Using new tools to solve old problems
Professor Andrew Lobb arrived at the Okinawa Institute of Science and Technology Graduate University (OIST) in October 2019 to take part in the Visiting Mathematics Professor Program. This program brings promising mathematicians to OIST for six months to organize symposia in Okinawa and contribute to research. Little did Professor Lobb know that his time on the island would be extended by several months due to the global pandemic.

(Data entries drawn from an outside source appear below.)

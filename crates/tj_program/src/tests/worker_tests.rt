//! What tests alone show of the workers: that two of them enter the gate beside each other, that a
//! third and a fourth one start where tasks wait for one, and which closed words a run has.
use super::row_tests::{FIB_OF_3, FIB_OF_3_REPORT, JOIN_EACH_OTHER, answered, words_of, written};
use std::process::Abort;
use std::sync::Wait;
use std::sync::atomic::{AtomicBool, AtomicU32, Ordering};
use std::test::Fail;
use std::thread::Threads;
use tj_base::CellId;
use tj_command::Status;
use tj_ports::{Gate, OpenGate};
use tj_words::{Closed, Phase, Walk};

// How often a worker looks for the other one before it gives up.
const LOOKS: u32 = 1_000_000_000;

/// A gate that holds one of two workers in its first turn until the other one has entered.
#[derive(Drop)]
struct MeetingGate {
    held: u32,
    held_entered: AtomicBool,
    other_entered: AtomicBool,
    gave_up: AtomicBool,
}

impl MeetingGate {
    fn holding(worker: u32) -> MeetingGate {
        MeetingGate {
            held: worker,
            held_entered: AtomicBool::new(false),
            other_entered: AtomicBool::new(false),
            gave_up: AtomicBool::new(false),
        }
    }
}

impl Gate for MeetingGate {
    fn enter(&self, worker: u32, turn: u64) {
        if worker != self.held {
            self.other_entered.store(true, Ordering::SeqCst);
        } else if turn == 1 {
            self.held_entered.store(true, Ordering::SeqCst);
            for _look in 0..LOOKS {
                if self.other_entered.load(Ordering::SeqCst) {
                    return;
                }
            }
            self.gave_up.store(true, Ordering::SeqCst);
        }
    }
}

/// Whether two workers of which this one is held write the report, and the gate saw both of them.
fn meet(rt: &(impl AllocGlobal + Wait + Threads + Sync), worker: u32) -> Result<bool, Fail> {
    let gate = MeetingGate::holding(worker);
    let found = written(rt, "run --workers 2", FIB_OF_3, &gate)?;
    Ok(
        found.status == Status::Clean
            && found.text.as_slice() == FIB_OF_3_REPORT.as_bytes()
            && gate.held_entered.load(Ordering::SeqCst)
            && gate.other_entered.load(Ordering::SeqCst)
            && !gate.gave_up.load(Ordering::SeqCst),
    )
}

#[test]
fn two_workers_enter_beside_each_other(rt: HostRuntime) -> Result<(), Fail> {
    for worker in 1..=2 {
        assert!(rt; meet(&rt, worker)?, "{worker}");
    }
    Ok(())
}

/// A root that forks eight tasks and ends.
const EIGHT: &str = "task main() { let i = 0; while i < 8 { fork one(); i = i + 1; } return i; } \
    task one() { return 1; }";

/// A gate that holds each worker before its second turn until so many have entered for their first.
#[derive(Drop)]
struct CrowdGate {
    workers: u32,
    entered: AtomicU32,
    gave_up: AtomicBool,
}

impl Gate for CrowdGate {
    fn enter(&self, _worker: u32, turn: u64) {
        if turn == 1 {
            self.entered.fetch_add(1, Ordering::SeqCst);
            return;
        }
        for _look in 0..LOOKS {
            if self.entered.load(Ordering::SeqCst) >= self.workers {
                return;
            }
        }
        self.gave_up.store(true, Ordering::SeqCst);
    }
}

#[test]
fn four_workers_enter_beside_each_other(rt: HostRuntime) -> Result<(), Fail> {
    let gate = CrowdGate {
        workers: 4,
        entered: AtomicU32::new(0),
        gave_up: AtomicBool::new(false),
    };
    let meant = written(&rt, "plan", EIGHT, &OpenGate)?;
    let found = written(&rt, "run --workers 4", EIGHT, &gate)?;
    assert!(rt; found.status == meant.status);
    assert!(rt; found.text.as_slice() == meant.text.as_slice());
    assert!(rt; !gate.gave_up.load(Ordering::SeqCst));
    Ok(())
}

/// Whether a task has alarmed.
fn has_alarm(closed: &Closed) -> bool {
    for c in 0..closed.drawn() {
        if let Phase::Waiting(_, _, Walk::Alarmed) = closed.cell(CellId(c)).phase {
            return true;
        }
    }
    false
}

/// How many cells the closed words have that a command line answers for a cycle of two, and whether
/// a task of theirs has alarmed.
fn closed_words(
    rt: &(impl AllocGlobal + Wait + Threads + Sync),
    line: &str,
) -> Result<Option<(u32, bool)>, Fail> {
    let words = words_of(rt.alloc(), line)?;
    let mut text = Vec::new(rt.alloc());
    match answered(rt, words.as_slice(), JOIN_EACH_OTHER, &mut text, &OpenGate) {
        (_status, Some(closed)) => Ok(Some((closed.drawn(), has_alarm(&closed)))),
        (_status, None) => Ok(None),
    }
}

/// Command lines, and what is asked of their closed words.
const LINES: &[(&str, Option<(u32, bool)>)] = &[
    ("run --workers 1", Some((2, true))),
    ("run --workers 2", Some((2, true))),
    ("run --workers 8", Some((2, true))),
    ("plan", None),
    ("list", None),
    ("judge", None),
    ("run --cells 1", None),
    ("go", None),
];

#[test]
fn a_cycle_of_two_has_alarmed(rt: HostRuntime) -> Result<(), Fail> {
    for (line, wanted) in LINES {
        assert!(rt; closed_words(&rt, line)? == *wanted, "{line}");
    }
    Ok(())
}
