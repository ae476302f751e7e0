//! Worked rows of the mode `watch`: what became of the root.
use super::row_tests::{AnyRow, JOIN_EACH_OTHER, Row, THREE};
use tj_command::Status;

const OWED: &str = "task main() { let p = new; fork kid(p); return 0; } task kid(p) { let v = get \
    p; return v; }";

const RETURNS_A_PROMISE: &str = "task main() { let p = new; set p = 1; return p; }";

pub(crate) const WATCHED: &[AnyRow] = &[
    (THREE, Status::Clean, "root 3\n"),
    (
        "task main() { return 9223372036854775807 + 1; }",
        Status::Marked,
        "root broken\n",
    ),
    (JOIN_EACH_OTHER, Status::Marked, "root waits\n"),
    (OWED, Status::Marked, "root 0\n"),
    (RETURNS_A_PROMISE, Status::Clean, "root @0.1\n"),
];

pub(crate) const OTHERS: &[Row] = &[
    (
        "watch --cells 1",
        RETURNS_A_PROMISE,
        Status::Full,
        "full: more than 1 cells\n",
    ),
    ("watch", "", Status::Script, "script fault P5 at 1:1\n"),
];
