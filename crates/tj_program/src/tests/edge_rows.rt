//! The edges of the generated script, at its least sizes and its greatest, and of the number of
//! tasks.
//!
//! A script of size k has k + 1 tasks and k + 1 promises. Its `main` begins 3k + 8 statements, the
//! last of which returns the sum of 1 to k.
use super::row_tests::Row;
use tj_command::Status;

/// Sizes with exactly the cells and the statements that they need, and with one less of each.
pub(crate) const EDGES: &[Row] = &[
    (
        "gen --size 1 --cells 4 --steps 11",
        "",
        Status::Clean,
        "size 1 tasks 2 done 2 failed 0 waiting 0 owed 0 cycles 0 result 1\nclean\n",
    ),
    (
        "gen --size 1 --cells 4 --steps 10",
        "",
        Status::Marked,
        "size 1 tasks 2 done 1 failed 1 waiting 0 owed 0 cycles 0 result -\nmarked\n",
    ),
    (
        "gen --size 1 --cells 3",
        "",
        Status::Full,
        "full: more than 3 cells\n",
    ),
    (
        "gen --size 2 --cells 6 --steps 14",
        "",
        Status::Clean,
        "size 2 tasks 3 done 3 failed 0 waiting 0 owed 0 cycles 0 result 3\nclean\n",
    ),
    (
        "gen --size 2 --cells 6 --steps 13",
        "",
        Status::Marked,
        "size 2 tasks 3 done 2 failed 1 waiting 0 owed 0 cycles 0 result -\nmarked\n",
    ),
    (
        "gen --size 2 --cells 5",
        "",
        Status::Full,
        "full: more than 5 cells\n",
    ),
    (
        "gen --size 4000 --cells 8002 --steps 12008",
        "",
        Status::Clean,
        "size 4000 tasks 4001 done 4001 failed 0 waiting 0 owed 0 cycles 0 result 8002000\nclean\n",
    ),
    (
        "gen --size 4000 --cells 8002 --steps 12007",
        "",
        Status::Marked,
        "size 4000 tasks 4001 done 4000 failed 1 waiting 0 owed 0 cycles 0 result -\nmarked\n",
    ),
    (
        "gen --size 4000 --cells 8001",
        "",
        Status::Full,
        "full: more than 8001 cells\n",
    ),
];
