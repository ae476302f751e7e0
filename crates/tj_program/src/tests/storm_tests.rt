//! Storms: worked scripts by workers that spin or yield before some of their turns, as a seed draws it, and the same
//! with a body that yields at each ask. Each time what is written is what `plan` writes. More seeds are tried by hand
//! where `SEEDS` is set higher.
ghost use Rattle.std.specs.Prelude.{◌≡◌, ◌<◌, ◌≤◌};

use super::row_tests::{AGAINST_THE_ORDER, FIB_OF_3, JOIN_EACH_OTHER, TWO_WAIT, written};
use super::shy_tests::ShyBody;
use crate::worker_runs::ended_at_rest;
use std::alloc::Global;
use std::hint;
use std::sync::Wait;
use std::test::Fail;
use std::thread::{self, Threads};
use tj_eval::{ScriptBody, main_body};
use tj_modes::Told;
use tj_ports::{Gate, OpenGate};
use tj_ready::NewestFirstPool;
use tj_run::run_all;
use tj_syntax::script_in;

// So many schedules are drawn for each script.
const SEEDS: u64 = 200;

const LOOP_OF_FORKS: &str = "task main() { let a = new; let p = a; let q = 0; let i = 0; while i \
    < 12 { q = new; fork node(i, p, own q); p = q; i = i + 1; } set a = 0; let v = get p; \
    print v; return v; } task node(i, p, q) { let v = get p; set q = v + i; return i; }";

const TAKERS: &str = "task main() { let p = new; let a = fork taker(p); fork giver(own p); let b \
    = fork taker(p); let x = join a; let y = join b; return x + y; } task taker(p) { let v = get \
    p; return v + 1; } task giver(p) { set p = 4; return 0; }";

const CYCLE_WITH_TAILS: &str = "task main() { let a = new; let p = a; let q = 0; let i = 0; while \
    i < 4 { q = new; fork node(p, own q); fork tail(q); p = q; i = i + 1; } fork node(p, own a); \
    return 0; } task node(p, q) { let v = get p; set q = v; return v; } task tail(p) { let k = \
    fork end(p); let v = join k; return v; } task end(p) { let v = get p; return v; }";

const BROKEN: &str = "task main() { let p = new; let k = fork kid(own p); let v = get p or 9; let \
    w = join k or 8; return v + w; } task kid(p) { fork grand(p); return 1 / 0; } task grand(p) \
    { let v = get p; return v; }";

const WORKED: [&str; 8] = [
    FIB_OF_3,
    TWO_WAIT,
    JOIN_EACH_OTHER,
    AGAINST_THE_ORDER,
    LOOP_OF_FORKS,
    TAKERS,
    CYCLE_WITH_TAILS,
    BROKEN,
];

const SHORT: [&str; 4] = [TWO_WAIT, JOIN_EACH_OTHER, TAKERS, BROKEN];

/// A gate at which a worker passes at once, spins or yields, as the seed draws it for this turn.
#[derive(Drop)]
struct DrawnGate {
    seed: u64,
}

/// A number drawn by a seed for a worker's turn.
fn drawn(seed: u64, worker: u32, turn: u64) -> u64 {
    let place = turn.wrapping_mul(64).wrapping_add(u64::from(worker));
    let mut mixed = place.wrapping_mul(0x9E37_79B9_7F4A_7C15).wrapping_add(seed);
    mixed = (mixed ^ (mixed >> 30)).wrapping_mul(0xBF58_476D_1CE4_E5B9);
    mixed = (mixed ^ (mixed >> 27)).wrapping_mul(0x94D0_49BB_1331_11EB);
    mixed ^ (mixed >> 31)
}

impl Gate for DrawnGate {
    fn enter(&self, worker: u32, turn: u64) {
        let number = drawn(self.seed, worker, turn);
        let times = number / 8 % 16;
        match number % 8 {
            0 | 1 | 2 | 3 => {}
            4 | 5 => {
                for _spin in 0..times * 16 {
                    hint::spin_loop();
                }
            }
            _ => {
                for _pass in 0..times {
                    thread::yield_now();
                }
            }
        }
    }
}

/// The report of a script whose tasks yield, over workers at a drawn gate.
fn yielding_report<R: Wait + Threads + Sync>(
    rt: &R,
    alloc: Global,
    text: &str,
    workers: u32,
    seed: u64,
) -> Result<Vec<u8>, Fail>
    requires { (0 < workers) × (workers ≤ 64) }
{
    if text.len() > 1000 {
        return Err(Fail::new("a worked script is short"));
    }
    let Ok(script) = script_in(alloc, text.as_bytes()) else {
        return Err(Fail::new("no script"));
    };
    let root = ShyBody {
        body: main_body(alloc, &script, 100_000)?,
        asks: 0,
    };
    let gate = DrawnGate { seed };
    match run_all::<ShyBody<ScriptBody<'_>>, NewestFirstPool, DrawnGate, R>(
        rt, alloc, root, 4096, workers, &gate, false,
    ) {
        Ok(rest) => Ok(ended_at_rest(alloc, rest, Told::Report)?.output.text),
        Err(_fault) => Err(Fail::new("no rest")),
    }
}

/// The words of a run by 2, 3, 8 or 16 workers.
fn run_line(seed: u64) -> &'static str {
    match seed % 4 {
        0 => "run --workers 2",
        1 => "run --workers 3",
        2 => "run --workers 8",
        _ => "run --workers 16",
    }
}

#[test]
fn workers_at_a_drawn_gate(rt: HostRuntime) -> Result<(), Fail> {
    for input in WORKED {
        let meant = written(&rt, "plan", input, &OpenGate)?;
        for seed in 0..SEEDS {
            let found = written(&rt, run_line(seed), input, &DrawnGate { seed })?;
            assert!(rt; found.status == meant.status, "{seed}");
            assert!(rt; found.text.as_slice() == meant.text.as_slice(), "{seed}");
        }
    }
    Ok(())
}

#[test]
fn tasks_that_yield_at_each_ask(rt: HostRuntime) -> Result<(), Fail> {
    let alloc = rt.alloc();
    for input in SHORT {
        let meant = written(&rt, "plan", input, &OpenGate)?;
        for seed in 0..SEEDS {
            let found = if seed % 2 == 0 {
                yielding_report(&rt, alloc, input, 2, seed)?
            } else {
                yielding_report(&rt, alloc, input, 8, seed)?
            };
            assert!(rt; found.as_slice() == meant.text.as_slice(), "{seed}");
        }
    }
    Ok(())
}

But those months spent in lockdown in subtropical Japan did not go to waste. Through collaborating with Professor Joshua Greene from Boston College, Professor Lobb focused on a mathematical problem that has remained unsolved for over a century – can rectangles of all ratios fit inside any smooth loop?
With a Master’s in Mathematics from Oxford University and a PhD from Harvard University, Professor Lobb specializes in topology and geometry in three- and four-dimensional space.
"For centuries, geometry has been of the utmost importance to mathematics. If we strip away the information about distances and angles from geometry, we get the field of topology. Topological spaces underlie most of modern mathematics – many fields can be thought of as studying topological spaces overlaid with other structures relevant to those fields," said Professor Lobb.
Fitting a square peg into a round hole
The notion of fitting a square peg into a round hole might sound familiar as it bears similarities to a common saying. It refers to an individual who is trying to fit into an environment that is particularly unsuitable for them. But mathematically, it has a different meaning. The ‘square-peg’ question was first asked in 1911 by Otto Toeplitz, a German mathematician, who theorized that every Jordan curve – i.e. a curve that’s closed and doesn’t overlap with itself – contains a square. This question remains unsolved but Professor Lobb and Professor Greene worked on the similar, ‘rectangular-peg problem’. Professor Lobb discussed this research in a presidential lecture.
He began the lecture by explaining how a person may have just inherited a square peg factory. “All the pegs are square,” said Professor Lobb. “If someone comes to them with a square-shaped hole, then they can create a square peg that fits inside it. But even if someone comes to them with a circular hole, they can still make a square peg to fit the hole, just by finding four points of the circle where they can put the peg.”
But the rectangular peg problem takes this further. Rather than just looking at circular or square holes, it looks at all manner of Jordan curves. The theory goes that a rectangle of any ratio can fit somewhere within the loop, with its four corners touching the edges of the curve.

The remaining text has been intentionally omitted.